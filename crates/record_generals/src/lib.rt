// General corrections, types 41 and 42: a head of 13 bits, then 32 bits a satellite, or 44 with its ionosphere delay, up to 22 or 16
// satellites. Type 42 with one data word is a null frame.
#![tactic(auto)]

mod rows;
mod stages;

ghost use Rattle.std.specs.Prelude.{◌≡◌, ◌+◌, ◌≤◌};
ghost use Rattle.bits.specs.Fields.{fields_at};
ghost use Rattle.bits.specs.Rows.{data_bits};
ghost use Rattle.record_stages.specs.Stages.{refused_made};
ghost use Rattle.record_generals.specs.Generals.{widths, meant, entry_read, most_generals};
ghost use Rattle.record_generals.specs.Generals.{count_generals, read_head, general_at, make_generals};
ghost use Rattle.record_generals.specs.GeneralNulls.{read_general_null, make_general_null};

use crate::rows::{rows_of, system_rows};
use crate::stages::{delay_width, head_from, known_of, staged_of};
use frame::{Frame, Header, Layout};
use record_stages::{Asked, Count, Made, Making, Place, Size};

// The head: system, signal, ephemeris type, period of use, and whether every satellite has its ionosphere delay.
#[derive(Clone, Copy)]
pub struct GeneralHead {
    pub system: u8,
    pub signal: u8,
    pub ephemeris: u8,
    pub period: u8,
    pub ionosphere: u8,
}

// One satellite's part; without ionosphere its delay is 0.
#[derive(Clone, Copy)]
pub struct General {
    pub satellite: u8,
    pub udre: u8,
    pub iod: u8,
    pub prc: i16,
    pub delay: u16,
}

// The head of a frame, or the refusal's number.
#[derive(Clone, Copy)]
pub enum HeadRead {
    Head(GeneralHead),
    Refused(u8),
}

// A satellite's part, or the refusal's number.
#[derive(Clone, Copy)]
pub enum GeneralRead {
    Entry(General),
    Refused(u8),
}

// A null frame's N and system, or the refusal's number.
#[derive(Clone, Copy)]
pub enum GeneralNullRead {
    Null(usize, u8),
    Refused(u8),
}

// The width of the delay in a list of a known system, or the refusal's number.
#[derive(Clone, Copy)]
enum Staged {
    List(u32),
    Refused(u8),
}

// The fill of a word, 1 and 0 in turn: its first bits stand wherever a word is broken off.
const FILL: u32 = 0xAAAAAA;

// How many satellites a frame has: 5, 6, 7, 8, 23, 8.
pub fn count_generals(frame: Frame) -> Count
    ensures { result ≡ count_generals frame }
{
    let staged = staged_of(frame);
    match staged {
        Staged::List(delay) => {
            record_stages::count_in(Layout::General, 13, 32 + delay as usize, frame)
        }
        Staged::Refused(n) => Count::Refused(n),
    }
}

// The head of a frame: 5, 6, 7, 8, 23, 8.
pub fn read_head(frame: Frame) -> HeadRead
    ensures { result ≡ read_head frame }
{
    let words = frame.words;
    let counted = count_generals(frame);
    match counted {
        Count::Of(_) => HeadRead::Head(head_from(words)),
        Count::Refused(n) => HeadRead::Refused(n),
    }
}

// The satellite whose bits start at bit `at` of the data.
fn entry_from(words: [u32; 31], delay: u32, at: u32) -> General
    requires { (delay ≤ 12) × (at + (32 + delay) ≤ 744) }
    ensures { result ≡ meant (fields_at (widths delay) at (data_bits words)) }
{
    let widths = [6, 4, 8, 14, delay];
    let row = record_fields::fields(words, at, &widths);
    General {
        satellite: row[0] as u8,
        udre: row[1] as u8,
        iod: row[2] as u8,
        prc: record_fields::signed14(row[3]),
        delay: row[4] as u16,
    }
}

// Satellite number `index` of a list whose delays have `delay` bits: 5, 6, 7, 8, 9, 10.
fn entry_in(frame: Frame, delay: u32, index: usize) -> GeneralRead
    requires { delay ≤ 12 }
    ensures { result ≡ entry_read delay frame index }
{
    let words = frame.words;
    let place = record_stages::entry_place(Layout::General, 13, 32 + delay as usize, frame, index);
    match place {
        Place::At(at) => {
            let general = entry_from(words, delay, at);
            if general.satellite == 0 {
                return GeneralRead::Refused(10);
            }
            GeneralRead::Entry(general)
        }
        Place::Refused(n) => GeneralRead::Refused(n),
    }
}

// Satellite number `index`: 5, 6, 7, 8, 23, 8, 9, 10.
pub fn general_at(frame: Frame, index: usize) -> GeneralRead
    ensures { result ≡ general_at frame index }
{
    let staged = staged_of(frame);
    match staged {
        Staged::List(delay) => entry_in(frame, delay, index),
        Staged::Refused(n) => GeneralRead::Refused(n),
    }
}

// A refusal to make, with the blank frame.
#[tactic(auto, unfolding(record_stages::specs::Stages::refused_made))]
fn refused(number: u8) -> Made
    ensures { result ≡ refused_made number }
{
    Made {
        answer: Making::Refused(number),
        frame: frame::no_frame(),
    }
}

// The most satellites of a frame: as many as 31 words hold behind the head.
fn most_of(delay: u32) -> usize
    requires { delay ≤ 12 }
    ensures { result ≡ most_generals delay }
{
    (744 - 13) / (32 + delay as usize)
}

// A frame of a head and its satellites: 5, 6, 7, 23, 12, 10.
pub fn make_generals(
    header: Header,
    head: GeneralHead,
    entries: [General; 22],
    count: usize,
) -> Made
    ensures { result ≡ make_generals header head entries count }
{
    let Ok(()) = frame::header_widths(header) else {
        return refused(5);
    };
    let Asked::Same = record_stages::asked_of(Layout::General, header.kind) else {
        return refused(6);
    };
    let Ok(()) = frame::clock_of(header.z) else {
        return refused(7);
    };
    let Ok(()) = known_of(head.system) else {
        return refused(23);
    };
    let delay = delay_width(head.ionosphere);
    let rows = rows_of(delay, head, entries, count);
    record_stages::make_frame(Layout::General, most_of(delay), FILL, header, count, rows)
}

// Whether a frame is the null frame of type 42, its N and its system: 5, 6, 7, 8, 23. The rest of its word may have any bits.
pub fn read_general_null(frame: Frame) -> GeneralNullRead
    ensures { result ≡ read_general_null frame }
{
    let Ok(()) = frame::frame_widths(frame) else {
        return GeneralNullRead::Refused(5);
    };
    let header = frame.header;
    if header.kind != 42 {
        return GeneralNullRead::Refused(6);
    }
    let Ok(()) = frame::clock_of(header.z) else {
        return GeneralNullRead::Refused(7);
    };
    let Size::Right = record_stages::size_of(1, frame.n) else {
        return GeneralNullRead::Refused(8);
    };
    let words = frame.words;
    let system = record_fields::field(words, 0, 4) as u8;
    let Ok(()) = known_of(system) else {
        return GeneralNullRead::Refused(23);
    };
    GeneralNullRead::Null(frame.n, system)
}

// The null frame of type 42 for a system, of one data word: 5, 6, 7, 23, 12.
pub fn make_general_null(header: Header, n: usize, system: u8) -> Made
    ensures { result ≡ make_general_null header n system }
{
    let Ok(()) = frame::header_widths(header) else {
        return refused(5);
    };
    if header.kind != 42 {
        return refused(6);
    }
    let Ok(()) = frame::clock_of(header.z) else {
        return refused(7);
    };
    let Ok(()) = known_of(system) else {
        return refused(23);
    };
    let Size::Right = record_stages::size_of(1, n) else {
        return refused(12);
    };
    record_stages::make_frame(Layout::General, 1, FILL, header, 1, system_rows(system))
}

════════════════════

#### Exercise directions:
Copy out the whole listing exactly as given.

#### Solution:
filename crates/record_generals/src/lib.rt
// General corrections, types 41 and 42: a head of 13 bits, then 32 bits a satellite, or 44 with its ionosphere delay, up to 22 or 16
// satellites. Type 42 with one data word is a null frame.
#![tactic(auto)]

mod rows;
mod stages;

ghost use Rattle.std.specs.Prelude.{◌≡◌, ◌+◌, ◌≤◌};
ghost use Rattle.bits.specs.Fields.{fields_at};
ghost use Rattle.bits.specs.Rows.{data_bits};
ghost use Rattle.record_stages.specs.Stages.{refused_made};
ghost use Rattle.record_generals.specs.Generals.{widths, meant, entry_read, most_generals};
ghost use Rattle.record_generals.specs.Generals.{count_generals, read_head, general_at, make_generals};
ghost use Rattle.record_generals.specs.GeneralNulls.{read_general_null, make_general_null};

use crate::rows::{rows_of, system_rows};
use crate::stages::{delay_width, head_from, known_of, staged_of};
use frame::{Frame, Header, Layout};
use record_stages::{Asked, Count, Made, Making, Place, Size};

// The head: system, signal, ephemeris type, period of use, and whether every satellite has its ionosphere delay.
#[derive(Clone, Copy)]
pub struct GeneralHead {
    pub system: u8,
    pub signal: u8,
    pub ephemeris: u8,
    pub period: u8,
    pub ionosphere: u8,
}

// One satellite's part; without ionosphere its delay is 0.
#[derive(Clone, Copy)]
pub struct General {
    pub satellite: u8,
    pub udre: u8,
    pub iod: u8,
    pub prc: i16,
    pub delay: u16,
}

// The head of a frame, or the refusal's number.
#[derive(Clone, Copy)]
pub enum HeadRead {
    Head(GeneralHead),
    Refused(u8),
}

// A satellite's part, or the refusal's number.
#[derive(Clone, Copy)]
pub enum GeneralRead {
    Entry(General),
    Refused(u8),
}

// A null frame's N and system, or the refusal's number.
#[derive(Clone, Copy)]
pub enum GeneralNullRead {
    Null(usize, u8),
    Refused(u8),
}

// The width of the delay in a list of a known system, or the refusal's number.
#[derive(Clone, Copy)]
enum Staged {
    List(u32),
    Refused(u8),
}

// The fill of a word, 1 and 0 in turn: its first bits stand wherever a word is broken off.
const FILL: u32 = 0xAAAAAA;

// How many satellites a frame has: 5, 6, 7, 8, 23, 8.
pub fn count_generals(frame: Frame) -> Count
    ensures { result ≡ count_generals frame }
{
    let staged = staged_of(frame);
    match staged {
        Staged::List(delay) => {
            record_stages::count_in(Layout::General, 13, 32 + delay as usize, frame)
        }
        Staged::Refused(n) => Count::Refused(n),
    }
}

// The head of a frame: 5, 6, 7, 8, 23, 8.
pub fn read_head(frame: Frame) -> HeadRead
    ensures { result ≡ read_head frame }
{
    let words = frame.words;
    let counted = count_generals(frame);
    match counted {
        Count::Of(_) => HeadRead::Head(head_from(words)),
        Count::Refused(n) => HeadRead::Refused(n),
    }
}

// The satellite whose bits start at bit `at` of the data.
fn entry_from(words: [u32; 31], delay: u32, at: u32) -> General
    requires { (delay ≤ 12) × (at + (32 + delay) ≤ 744) }
    ensures { result ≡ meant (fields_at (widths delay) at (data_bits words)) }
{
    let widths = [6, 4, 8, 14, delay];
    let row = record_fields::fields(words, at, &widths);
    General {
        satellite: row[0] as u8,
        udre: row[1] as u8,
        iod: row[2] as u8,
        prc: record_fields::signed14(row[3]),
        delay: row[4] as u16,
    }
}

// Satellite number `index` of a list whose delays have `delay` bits: 5, 6, 7, 8, 9, 10.
fn entry_in(frame: Frame, delay: u32, index: usize) -> GeneralRead
    requires { delay ≤ 12 }
    ensures { result ≡ entry_read delay frame index }
{
    let words = frame.words;
    let place = record_stages::entry_place(Layout::General, 13, 32 + delay as usize, frame, index);
    match place {
        Place::At(at) => {
            let general = entry_from(words, delay, at);
            if general.satellite == 0 {
                return GeneralRead::Refused(10);
            }
            GeneralRead::Entry(general)
        }
        Place::Refused(n) => GeneralRead::Refused(n),
    }
}

// Satellite number `index`: 5, 6, 7, 8, 23, 8, 9, 10.
pub fn general_at(frame: Frame, index: usize) -> GeneralRead
    ensures { result ≡ general_at frame index }
{
    let staged = staged_of(frame);
    match staged {
        Staged::List(delay) => entry_in(frame, delay, index),
        Staged::Refused(n) => GeneralRead::Refused(n),
    }
}

// A refusal to make, with the blank frame.
#[tactic(auto, unfolding(record_stages::specs::Stages::refused_made))]
fn refused(number: u8) -> Made
    ensures { result ≡ refused_made number }
{
    Made {
        answer: Making::Refused(number),
        frame: frame::no_frame(),
    }
}

// The most satellites of a frame: as many as 31 words hold behind the head.
fn most_of(delay: u32) -> usize
    requires { delay ≤ 12 }
    ensures { result ≡ most_generals delay }
{
    (744 - 13) / (32 + delay as usize)
}

// A frame of a head and its satellites: 5, 6, 7, 23, 12, 10.
pub fn make_generals(
    header: Header,
    head: GeneralHead,
    entries: [General; 22],
    count: usize,
) -> Made
    ensures { result ≡ make_generals header head entries count }
{
    let Ok(()) = frame::header_widths(header) else {
        return refused(5);
    };
    let Asked::Same = record_stages::asked_of(Layout::General, header.kind) else {
        return refused(6);
    };
    let Ok(()) = frame::clock_of(header.z) else {
        return refused(7);
    };
    let Ok(()) = known_of(head.system) else {
        return refused(23);
    };
    let delay = delay_width(head.ionosphere);
    let rows = rows_of(delay, head, entries, count);
    record_stages::make_frame(Layout::General, most_of(delay), FILL, header, count, rows)
}

// Whether a frame is the null frame of type 42, its N and its system: 5, 6, 7, 8, 23. The rest of its word may have any bits.
pub fn read_general_null(frame: Frame) -> GeneralNullRead
    ensures { result ≡ read_general_null frame }
{
    let Ok(()) = frame::frame_widths(frame) else {
        return GeneralNullRead::Refused(5);
    };
    let header = frame.header;
    if header.kind != 42 {
        return GeneralNullRead::Refused(6);
    }
    let Ok(()) = frame::clock_of(header.z) else {
        return GeneralNullRead::Refused(7);
    };
    let Size::Right = record_stages::size_of(1, frame.n) else {
        return GeneralNullRead::Refused(8);
    };
    let words = frame.words;
    let system = record_fields::field(words, 0, 4) as u8;
    let Ok(()) = known_of(system) else {
        return GeneralNullRead::Refused(23);
    };
    GeneralNullRead::Null(frame.n, system)
}

// The null frame of type 42 for a system, of one data word: 5, 6, 7, 23, 12.
pub fn make_general_null(header: Header, n: usize, system: u8) -> Made
    ensures { result ≡ make_general_null header n system }
{
    let Ok(()) = frame::header_widths(header) else {
        return refused(5);
    };
    if header.kind != 42 {
        return refused(6);
    }
    let Ok(()) = frame::clock_of(header.z) else {
        return refused(7);
    };
    let Ok(()) = known_of(system) else {
        return refused(23);
    };
    let Size::Right = record_stages::size_of(1, n) else {
        return refused(12);
    };
    record_stages::make_frame(Layout::General, 1, FILL, header, 1, system_rows(system))
}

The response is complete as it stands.